- Born: Ruby Macie Grier c. 1907 Sandersville, Georgia, U.S.
- Died: March 2, 2011 (aged 103–104) Sacramento, California, U.S.
- Other name: Ruby Pittman
- Known for: Mother of the Nation of Islam (1986–2011)

= Ruby Muhammad =

Ruby Macie Muhammad (née Grier) (c. 1907 – died March 2, 2011) was an African American religious figure and centenarian known as the "Mother of the Nation of Islam." She was born on a farm in Sandersville, Georgia and grew up in Americus. No birth certificate exists to confirm her age, and it has been reported with significant disparity, although she claimed in newspaper interviews that she was born Ruby Macie Grayer on March 20, 1897. Later research, however, suggests she was born in 1907, a decade later, based on the listing of Ruby Macie Grier, recorded as aged 3, in the 1910 census.

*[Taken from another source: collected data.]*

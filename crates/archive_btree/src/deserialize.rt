//! Reading archived maps back as maps of std.
ghost use Rattle.std.specs.Prelude.{length, IfOk};
ghost use Rattle.archive_shape_layout.specs.Shape.Shape.{tree};
ghost use Rattle.archive_forms_values.specs.Parts.{HasValue, both};
ghost use Rattle.archive_forms.specs.Deserializing.{Deserializes, DeserializesBy, IsReadAt};
ghost use Rattle.archive_forms.specs.Keeping.{both_of};
ghost use Rattle.archive_forms.specs.Steps.{StepTakes, StepReads};
ghost use Rattle.archive_btree.specs.ReadBack.{InsertsRead, reads_map};
ghost use Rattle.archive_btree_maps.specs.Maps.{HasMap};

use crate::OwnedBTreeMap;
use archive_btree_maps::ArchivedBTreeMap;
use archive_forms::{Deserialize, Deserializer, ReadBack, deserialize_element};
use archive_forms_writing::Archive;
use archive_shape::{Error, Ref};
use std::alloc::Global;
use std::collections::BTreeMap;
use std::marker::PhantomData;

/// Reads the key and the value at positions by their steps, and inserts them into a map.
fn insert_read<
    K: Archive + Ord + Drop,
    V: Archive + Drop,
    A: ReadBack<K>,
    B: ReadBack<V>,
    D: Deserializer,
    F: Fn(&mut D, usize) -> Result<(K, PhantomData<K::Archived>), Error>,
    G: Fn(&mut D, usize) -> Result<(V, PhantomData<V::Archived>), Error>,
>(
    map: &mut BTreeMap<K, V>,
    bytes: &[u8],
    key: usize,
    value: usize,
    deserializer: &mut D,
    read_key: &F,
    read_value: &G,
) -> Result<(), Error>
    requires has_key { HasValue A.shape A.knows bytes.now key }
    requires has_value { HasValue B.shape B.knows bytes.now value }
    requires kept { D.is_of deserializer.old bytes.now }
    requires takes_key { StepTakes F.Fn read_key.now A.shape A.knows D.is_of bytes.now (length bytes.now) }
    requires reads_key { StepReads F.Fn read_key.now A.shape A.knows D.is_of bytes.now (λ q. q.0) A.reads }
    requires takes_value { StepTakes G.Fn read_value.now B.shape B.knows D.is_of bytes.now (length bytes.now) }
    requires reads_value { StepReads G.Fn read_value.now B.shape B.knows D.is_of bytes.now (λ q. q.0) B.reads }
    ensures value { InsertsRead K.cmp (IsReadAt A.reads A.shape A.knows bytes.entry.now key)
        (IsReadAt B.reads B.shape B.knows bytes.entry.now value) map.old.entries map.new.entries result }
    ensures keeps { IfOk result (λ _. D.is_of deserializer.new bytes.entry.now) }
{
    let key = read_key(deserializer, key)?.0;
    let value = read_value(deserializer, value)?.0;
    if map.insert(key, value).is_err() {
        Err(Error::OutOfMemory)
    } else {
        Ok(())
    }
}

/// Reads a map back, whose keys and values are read by steps. Its entries are inserted in turn: the archive of a map
/// that was checked may have keys that do not ascend, or equal ones, of which the first one remains, with the value of
/// the last one.
///
/// # Errors
///
/// - `OutOfMemory` if the allocation of an entry of the map fails.
/// - Any error of a step.
pub fn deserialize_map_each<
    K: Archive + Ord + Drop,
    V: Archive + Drop,
    A: ReadBack<K>,
    B: ReadBack<V>,
    D: Deserializer,
    F: Fn(&mut D, usize) -> Result<(K, PhantomData<K::Archived>), Error>,
    G: Fn(&mut D, usize) -> Result<(V, PhantomData<V::Archived>), Error>,
    const E: usize,
>(
    this: Ref<'_, ArchivedBTreeMap<A, B, E>>,
    alloc: Global,
    deserializer: &mut D,
    read_key: F,
    read_value: G,
) -> Result<OwnedBTreeMap<K, V, E>, Error>
    requires there { HasMap E A.shape B.shape A.knows B.knows this }
    requires kept { D.is_of deserializer.old this.bytes.now }
    requires takes_key { StepTakes F.Fn read_key A.shape A.knows D.is_of this.bytes.now
        (length this.bytes.now) }
    requires reads_key { StepReads F.Fn read_key A.shape A.knows D.is_of this.bytes.now (λ q. q.0) A.reads }
    requires takes_value { StepTakes G.Fn read_value B.shape B.knows D.is_of this.bytes.now
        (length this.bytes.now) }
    requires reads_value { StepReads G.Fn read_value B.shape B.knows D.is_of this.bytes.now (λ q. q.0) B.reads }
    ensures value { Deserializes (reads_map K.cmp (λ m. m.map.entries) A.reads B.reads)
        (tree E A.shape B.shape) (both A.knows B.knows) this.entry.bytes.now this.entry.pos result }
    ensures keeps { IfOk result (λ _. D.is_of deserializer.new this.entry.bytes.now) }
{
    let mut map = BTreeMap::new(alloc);
    let mut entries = ArchivedBTreeMap::iter(this);
    while let Some((key, value)) = entries.next() {
        insert_read::<K, V, A, B, D, F, G>(
            &mut map,
            this.bytes,
            key.pos,
            value.pos,
            deserializer,
            &read_key,
            &read_value,
        )?;
    }
    Ok(OwnedBTreeMap { map })
}

impl<K: Ord, V, A: ReadBack<K>, B: ReadBack<V>, const E: usize> ReadBack<OwnedBTreeMap<K, V, E>>
    for ArchivedBTreeMap<A, B, E> {
    ghost reads = { reads_map K.cmp (λ m. m.map.entries) A.reads B.reads };
}

impl<
    K: Archive + Ord + Drop,
    V: Archive + Drop,
    A: Deserialize<K>,
    B: Deserialize<V>,
    const E: usize,
> Deserialize<OwnedBTreeMap<K, V, E>> for ArchivedBTreeMap<A, B, E> {
    type Pool = (A::Pool, B::Pool);

    fn deserialize(
        this: &Ref<'_, ArchivedBTreeMap<A, B, E>>,
        alloc: Global,
        deserializer: &mut (A::Pool, B::Pool),
    ) -> Result<OwnedBTreeMap<K, V, E>, Error> {
        let bytes = this.bytes;
        deserialize_map_each::<K, V, A, B, (A::Pool, B::Pool), _, _, E>(
            *this,
            alloc,
            deserializer,
            |d: &mut (A::Pool, B::Pool), pos: usize| -> Result<(K, PhantomData<K::Archived>), Error>
                requires there { HasValue A.shape A.knows bytes.now pos }
                requires kept { both_of A.Pool.is_of B.Pool.is_of d.old bytes.now }
                ensures value { DeserializesBy A.reads A.shape A.knows bytes.entry.now pos (λ q. q.0) result }
                ensures keeps { IfOk result (λ _. both_of A.Pool.is_of B.Pool.is_of d.new bytes.entry.now) }
            { deserialize_element::<K, A>(bytes, pos, alloc, &mut d.0) },
            |d: &mut (A::Pool, B::Pool), pos: usize| -> Result<(V, PhantomData<V::Archived>), Error>
                requires there { HasValue B.shape B.knows bytes.now pos }
                requires kept { both_of A.Pool.is_of B.Pool.is_of d.old bytes.now }
                ensures value { DeserializesBy B.reads B.shape B.knows bytes.entry.now pos (λ q. q.0) result }
                ensures keeps { IfOk result (λ _. both_of A.Pool.is_of B.Pool.is_of d.new bytes.entry.now) }
            { deserialize_element::<V, B>(bytes, pos, alloc, &mut d.1) },
        )
    }
}
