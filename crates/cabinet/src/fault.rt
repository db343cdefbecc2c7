//! The faults of the program, and the lines that report them.
ghost use Rattle.std.specs.Prelude.{◌≡◌, ◌-◌, ◌^◌, ◌<◌};
ghost use Rattle.archive_shape_layout.specs.Writing.{Writes};
ghost use Rattle.cabinet.specs.Reporting.{cause_name, save_refusal_name, open_refusal_name, run_cause_name, spelled_fault, status_of};

use archive_shape_layout::{Error, Writer, write_all_pieces, write_three_pieces};
use cabinet_archives::{OpenRefusal, SaveRefusal};
use cabinet_text::{RunCause, RunFault};
use cabinet_text_bytes::Decimal;
use cabinet_text_grammar::Cause;
use cabinet_text_reading::TextRefusal;

/// A fault that ends the program, with an exit status and a line that reports it.
#[derive(Debug, Drop)]
pub enum Fault {
    /// The words after the program's name are not those of a command.
    Usage,
    /// The file at this path was not read.
    CannotRead(String),
    /// The file at this path was not written; `-` is the standard output.
    CannotWrite(String),
    /// A text was not read as a document.
    Text(TextRefusal),
    /// A document was not saved.
    Save(SaveRefusal),
    /// Bytes were not opened as an archive.
    Open(OpenRefusal),
    /// A run ended before the end of its input.
    Run(RunFault),
}

impl Fault {
    /// Returns the exit status of a program that ends with the fault.
    pub fn status(&self) -> u8
        ensures { result ≡ status_of self.now }
    {
        match self {
            Fault::Usage => 2,
            _ => 1,
        }
    }
}

fn name_of_cause(cause: Cause) -> &'static [u8]
    ensures { result.now ≡ cause_name cause }
{
    match cause {
        Cause::NotUtf8 => b"NotUtf8",
        Cause::NoNewline => b"NoNewline",
        Cause::EndTooEarly => b"EndTooEarly",
        Cause::KeyExpected => b"KeyExpected",
        Cause::BadEscape => b"BadEscape",
        Cause::KeyOrder => b"KeyOrder",
        Cause::KeyRepeated => b"KeyRepeated",
        Cause::UnknownHead => b"UnknownHead",
        Cause::BadNumber => b"BadNumber",
        Cause::UnknownWhole => b"UnknownWhole",
        Cause::TooDeep => b"TooDeep",
        Cause::RepeatedWhole => b"RepeatedWhole",
        Cause::WholeOrder => b"WholeOrder",
        Cause::LineAfterEnd => b"LineAfterEnd",
        Cause::OutOfMemory => b"OutOfMemory",
    }
}

fn name_of_save_refusal(refusal: &SaveRefusal) -> &'static [u8]
    ensures { result.now ≡ save_refusal_name refusal.now }
{
    match refusal {
        SaveRefusal::Limit(_) => b"Limit",
        SaveRefusal::Writer(_) => b"Writer",
        SaveRefusal::OutOfMemory => b"OutOfMemory",
    }
}

fn name_of_open_refusal(refusal: &OpenRefusal) -> &'static [u8]
    ensures { result.now ≡ open_refusal_name refusal.now }
{
    match refusal {
        OpenRefusal::Access(_) => b"Access",
        OpenRefusal::TooDeep => b"TooDeep",
        OpenRefusal::KeysNotAscending => b"KeysNotAscending",
        OpenRefusal::WrongTag => b"WrongTag",
        OpenRefusal::NotFound => b"NotFound",
        OpenRefusal::OutOfMemory => b"OutOfMemory",
    }
}

fn name_of_run_cause(cause: RunCause) -> &'static [u8]
    ensures { result.now ≡ run_cause_name cause }
{
    match cause {
        RunCause::Read => b"Read",
        RunCause::Write => b"Write",
        RunCause::OutOfMemory => b"OutOfMemory",
        RunCause::LineTooLong => b"LineTooLong",
        RunCause::InputTooLong => b"InputTooLong",
    }
}

/// Writes the line that reports a fault. Does not allocate.
pub fn fault_line<W: Writer>(fault: &Fault, writer: &mut W) -> Result<(), Error>
    requires { W.failures writer.old < 2 ^ 64 - 1 }
    ensures { Writes W.Writer writer.old writer.new (spelled_fault fault.now) result }
{
    match fault {
        Fault::Usage => { writer.write(b"cab: usage: cab build TEXT ARCHIVE | cab run ARCHIVE\n") }
        Fault::CannotRead(path) => {
            write_three_pieces(writer, b"cab: cannot read ", path.as_bytes(), b"\n")
        }
        Fault::CannotWrite(path) => {
            write_three_pieces(writer, b"cab: cannot write ", path.as_bytes(), b"\n")
        }
        Fault::Text(refusal) => {
            let line = Decimal::unsigned(refusal.line);
            let cause = name_of_cause(refusal.cause);
            write_all_pieces(
                writer,
                &[
                    b"cab: text line ".as_slice(),
                    line.as_bytes(),
                    b": ".as_slice(),
                    cause,
                    b"\n".as_slice(),
                ],
            )
        }
        Fault::Save(refusal) => {
            write_three_pieces(writer, b"cab: save: ", name_of_save_refusal(refusal), b"\n")
        }
        Fault::Open(refusal) => {
            write_three_pieces(writer, b"cab: open: ", name_of_open_refusal(refusal), b"\n")
        }
        Fault::Run(fault) => {
            let lines = Decimal::unsigned(fault.lines);
            let cause = name_of_run_cause(fault.cause);
            write_all_pieces(
                writer,
                &[
                    b"cab: run: ".as_slice(),
                    cause,
                    b" after ".as_slice(),
                    lines.as_bytes(),
                    b" lines\n".as_slice(),
                ],
            )
        }
    }
}
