//! Images that the definitions of `vhd_layout` accept and refuse: the first disk of 64 KiB of a repository with
//! extents of 16 KiB, blocks of 4 KiB and 64 entries, in five extents, which are 160 sectors; and for each rule
//! images that break it alone.
//!
//! Kept here: no code that runs, and nothing but more examples stands on this crate. Each example is the contract
//! of a function that does nothing. The images are in `specs/SmallImages`.
#![tactic(auto)]

ghost use Rattle.std.specs.Prelude.{◌≡◌, ◌≤◌, ◌*◌, ℕ, true, false, Some, None, [], ◌∷◌, ◌++◌, replicate};
ghost use Rattle.vhd_layout.specs.Contents.{size_at, parent_at, own, raw_content, content_at};
ghost use Rattle.examples_vhd.specs.SmallImages.{zeros, table_of, empty, volume, footer_sector, header_sector, fresh_image, written_slots, written_table, written_image, footer_of_kind, footer_of_size, with_footer, header_of, with_header, with_table};
ghost use Rattle.vhd_layout.specs.Images.{EachSlotHolds, IsValid, IsValidRaw};
ghost use Rattle.vhd_layout.specs.Layouts.{Sectors};
ghost use Rattle.vhd_layout.specs.Readings.{is_valid, image_at};

/// The image as it was made.
pub fn fresh()
    ensures valid { IsValid 8 64 160 fresh_image }
    ensures size { size_at 160 fresh_image ≡ 128 }
    ensures parent { parent_at fresh_image ≡ None }
{}

/// The image after sectors 7 and 8 were written: it holds these two and no other.
pub fn written()
    ensures valid { IsValid 8 64 160 written_image }
    ensures holds { EachSlotHolds 8 64 written_image }
    ensures before { own 8 128 written_image 6 ≡ None }
    ensures last_of_a_block { own 8 128 written_image 7 ≡ Some (replicate 512 171) }
    ensures first_of_a_block { own 8 128 written_image 8 ≡ Some (replicate 512 171) }
    ensures behind { own 8 128 written_image 9 ≡ None }
    ensures without_slot { own 8 128 written_image 16 ≡ None }
    ensures past_the_size { own 8 128 written_image 128 ≡ None }
{}

/// The copy in sector 0 serves where the last sector is no footer; where that is one, it alone counts.
pub fn copies()
    ensures served { IsValid 8 64 160 (volume footer_sector header_sector (table_of []) empty zeros) }
    ensures old { IsValid 8 64 160
        (volume (footer_of_size 32768) header_sector (table_of []) empty footer_sector) }
    ensures size { size_at 160
        (volume (footer_of_size 32768) header_sector (table_of []) empty footer_sector) ≡ 128 }
{}

/// No footer reads; the disk is a fixed one; its size is no whole number of blocks, or of more blocks than the
/// table has entries.
pub fn broken_footers()
    ensures none { ¬ IsValid 8 64 160 (with_footer zeros) }
    ensures fixed { ¬ IsValid 8 64 160 (with_footer (footer_of_kind 2)) }
    ensures part_of_a_block { ¬ IsValid 8 64 160 (with_footer (footer_of_size 66048)) }
    ensures too_many_blocks { ¬ IsValid 8 64 160 (with_footer (footer_of_size 266240)) }
{}

/// No header reads; the table begins elsewhere; the number of entries or the size of a block is not the
/// repository's; the disk is a differencing one and has no parent.
pub fn broken_headers()
    ensures none { ¬ IsValid 8 64 160 (with_header zeros) }
    ensures table_offset { ¬ IsValid 8 64 160 (with_header (header_of 2048 64 4096)) }
    ensures entries { ¬ IsValid 8 64 160 (with_header (header_of 1536 63 4096)) }
    ensures block { ¬ IsValid 8 64 160 (with_header (header_of 1536 64 8192)) }
    ensures parent { ¬ IsValid 8 64 160 (with_footer (footer_of_kind 4)) }
{}

/// An entry names a sector at which no slot begins; two entries name one slot; a block past the size has a
/// slot; a slot has no room in front of the footer; an entry past the last block is not blank.
pub fn broken_tables()
    ensures between_slots { ¬ IsValid 8 64 160 (with_table (0 ∷ 0 ∷ 0 ∷ 5 ∷ [])) }
    ensures twice { ¬ IsValid 8 64 160 (with_table (0 ∷ 0 ∷ 0 ∷ 4 ∷ 0 ∷ 0 ∷ 0 ∷ 4 ∷ [])) }
    ensures past_the_size { ¬ IsValid 8 64 160 (with_table (replicate 64 255 ++ 0 ∷ 0 ∷ 0 ∷ 4 ∷ [])) }
    ensures past_the_slots { ¬ IsValid 8 64 160 (with_table (0 ∷ 0 ∷ 0 ∷ 157 ∷ [])) }
    ensures past_the_entries { ¬ IsValid 8 64 160 (with_table (replicate 256 255 ++ 0 ∷ 0 ∷ 0 ∷ 0 ∷ [])) }
{}

/// Nothing has room behind the table, not even the footer.
pub fn no_room()
    ensures { (v : Sectors) → ¬ IsValid 8 64 4 v }
{}

/// A raw image of two extents holds each sector of its volume and no other, and has no parent.
pub fn raw()
    ensures valid { IsValidRaw 8 64 64 }
    ensures too_large { ¬ IsValidRaw 8 64 544 }
    ensures parent { (v : Sectors) → (raw_content 64 v).parent ≡ None }
    ensures last { (v : Sectors) → (raw_content 64 v).own 63 ≡ Some (v 63) }
    ensures behind { (v : Sectors) → (raw_content 64 v).own 64 ≡ None }
{}

/// The test of a volume, and what the written image says: 16 blocks, of which the first two have slots 0 and 1.
pub fn reading()
    ensures test { is_valid 8 64 160 written_image ≡ true }
    ensures broken { is_valid 8 64 160 (with_table (0 ∷ 0 ∷ 0 ∷ 5 ∷ [])) ≡ false }
    ensures slots { (content_at 8 64 160 written_image).slots ≡ Some 0 ∷ Some 1 ∷ replicate 62 None }
    ensures image { image_at 8 64 160 written_image ≡ Some (content_at 8 64 160 written_image) }
{}
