// The table of a line, behind its first word; its number is the next one, and its name is new.
fn read_table(alloc: Global, tables: &[CodeTable], text: &[u8]) -> Result<CodeTable, Wrong>
    ensures read { IfOk result (λ table.
        ended (table_line_rest text.now) ≡ Some (length tables.now, table)) }
    ensures new { IfOk result (λ table. IsUnrepeated tables.now table) }
    ensures wrong { IfErr result (λ w. OnWrong w ((w ≡ wrongs.Form) × ((table : CodeTable) →
        ended (table_line_rest text.now) ≡ Some (length tables.now, table) →
        ¬ IsUnrepeated tables.now table))) }
{
    let Some((number, table, rest)) = table_line(text) else {
        return Err(Wrong::Form);
    };
    if number != tables.len() as u64 || !is_end(rest) {
        return Err(Wrong::Form);
    }
    match table {
        None => Ok(CodeTable::Made),
        Some(name) => {
            if is_input(tables, name) {
                Err(Wrong::Form)
            } else {
                Ok(CodeTable::Input(Items::new(Vec::from_slice(alloc, name)?)))
            }
        }
    }
}

// The number of a table, the name where it is an input, and the rest.
#[tactic(auto, unfolding(crate::specs::Reading::table_line_rest))]
fn table_line(text: &[u8]) -> Option<(u64, Option<&[u8]>, &[u8])>
    ensures { Reads table_of result (table_line_rest text.now) }
{
    let (number, rest) = number(text, 16)?;
    if let Some(rest) = behind(rest, b" made") {
        return Some((number, None, rest));
    }
    let rest = behind(rest, b" input ")?;
    let (name, rest) = word(rest)?;
    Some((number, Some(name), rest))
}

// Whether a table is the input of that name.
fn is_input(tables: &[CodeTable], name: &[u8]) -> bool
    ensures { result ≡ is_among name.now (input_names tables.now) }
{
    let mut rest = tables;
    while let Some((first, others)) = rest.split_first() {
        if is_named(first, name) {
            return true;
        }
        rest = others;
    }
    false
}

fn is_named(table: &CodeTable, name: &[u8]) -> bool
    ensures { result ≡ is_input_of name.now table.now }
{
    match table {
        CodeTable::Input(other) => name == other.items(),
        CodeTable::Made => false,
    }
}

// The first line of a block.
fn header(
    alloc: Global,
    labels: &Labels,
    tables: Vec<CodeTable>,
    blocks: Vec<Block>,
    line: &[u8],
) -> Result<Draft, Wrong>
    requires few { length tables.items ≤ 16 }
    requires room { length blocks.items ≤ 65536 }
    requires front { (more : List (List ℕ))
        × (names_of (heads labels.now.places) ≡ block_names blocks.items ++ more) }
    requires no_table { after (codes "table t") line.now ≡ None }
    ensures right { IfOk result (λ next. (bytes : List ℕ) → line.now ≡ bytes ++ 10 ∷ [] →
        Says labels.now.version (heads labels.now.places) (names_of (heads labels.now.places))
        (Outside tables.items blocks.items) bytes (seen next)) }
    ensures new { IfOk result (λ next. IsNewName (seen next)) }
    ensures within { IfOk result (λ next. IsWithin (seen next)) }
    ensures wrong { IfErr result (λ w. OnWrong w ((bytes : List ℕ) → line.now ≡ bytes ++ 10 ∷ [] →
        IsWrong labels.now.version (heads labels.now.places) (Outside tables.items blocks.items)
        bytes w)) }
{
    let Some((name, number, note)) = read_header(alloc, labels, line)? else {
        return Err(Wrong::Form);
    };
    if !is_next(labels.version, number, blocks.len()) {
        return Err(Wrong::Form);
    }
    match check_note(labels, tables.len() as u8, &note) {
        Ok(()) => {}
        Err(wrong) => return Err(wrong),
    }
    if (labels.place(name) as usize) < blocks.len() {
        return Err(Wrong::Label);
    }
    if blocks.len() >= MAX_BLOCKS as usize {
        return Err(Wrong::Limit);
    }
    Ok(Draft {
        tables,
        blocks,
        begun: Some(Begun {
            name: Items::new(Vec::from_slice(alloc, name)?),
            note,
            body: Vec::new(alloc),
        }),
    })
}

// Whether a block's number is that of the blocks before it, where the version has numbers.
fn is_next(version: Version, number: u64, blocks: usize) -> bool
    ensures { result ≡ is_next version number blocks }
{
    match version {
        Version::One => true,
        Version::Two => number == blocks as u64,
    }
}

/// The name, the number and the note in the first line of a block; the number is 0 where the
/// version has none.
#[tactic(auto, unfolding(crate::specs::Reading::header_rest, crate::specs::Reading::header_number))]
pub fn read_header<'a>(
    alloc: Global,
    labels: &Labels,
    line: &'a [u8],
) -> Result<Option<(&'a [u8], u64, Note)>, NoMemory>
    ensures read { IfOk result (λ read.
        Reads header_of read (ended (header_rest labels.now.version
        (place_of (heads labels.now.places)) line.now))) }
    ensures numbered { IfOk result (λ read. IfSome read (λ header.
        header_number labels.now.version line.now ≡ Some header.1)) }
{
    let Some((name, rest)) = word(line) else {
        return Ok(None);
    };
    let Some((number, rest)) = block_number(labels.version, rest) else {
        return Ok(None);
    };
    let Some(rest) = behind(rest, b": ") else {
        return Ok(None);
    };
    match note(alloc, labels, rest, rest.len())? {
        None => Ok(None),
        Some((note, rest)) => {
            if is_end(rest) {
                Ok(Some((name, number, note)))
            } else {
                Ok(None)
            }
        }
    }
}

// The number of a block behind its name, and the rest; 0 where the version has none.
#[tactic(auto, unfolding(crate::specs::Reading::number_rest_of))]
fn block_number(version: Version, text: &[u8]) -> Option<(u64, &[u8])>
    ensures { Reads rest_of result (number_rest_of version text.now) }
{
    match version {
        Version::One => Some((0, text)),
        Version::Two => number(behind(text, b" #")?, 9_223_372_036_854_775_807),
    }
}

// Whether a note breaks no condition, in a text with so many tables.
fn check_note(labels: &Labels, tables: u8, note: &Note) -> Result<(), Wrong>
    ensures fits { OnOk result (NoteFits (heads labels.now.places) tables note.now) }
    ensures unfit { IfErr result (λ w. NoteUnfit (heads labels.now.places) tables note.now w) }
{
    match note {
        Note::Plain => Ok(()),
        Note::Ready(handler) => check_handler(labels, *handler),
        Note::Target(target) => {
            if !is_target(tables, ANY_LABEL, target) {
                Err(Wrong::Form)
            } else if target.comb >= labels.count() {
                Err(Wrong::Label)
            } else {
                Ok(())
            }
        }
    }
}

Her mother, died when she was very young, and she was raised by a woman she called her aunt, although she would later say that this woman was probably not her biological aunt. She did not know her father until she was a teenager. Community records in Sandersville, where she was born, indicate her father died at age 107 and her great-grandfather died at age 110.

==Mother of Islam ==
Muhammad spent her early years working in the fields and joined the Nation of Islam in 1946 and was named "Mother of the Nation of Islam" in 1986 by Minister Louis Farrakhan. This is an honorary title; Muhammad, who was married twice, was not the widow of Elijah Muhammad, who founded the Nation of Islam.

In 2006, Muhammad moved into a senior center in Rancho Cordova, Sacramento, California. In 2008, Muhammad, then known as Ruby Pittman (the name of her first husband), received a motorized wheelchair as a donation from a scooter store.

==Personal life==
Ruby Muhammad was married to John Pittman and had four children. After her first husband died she married James Hyder in 1967.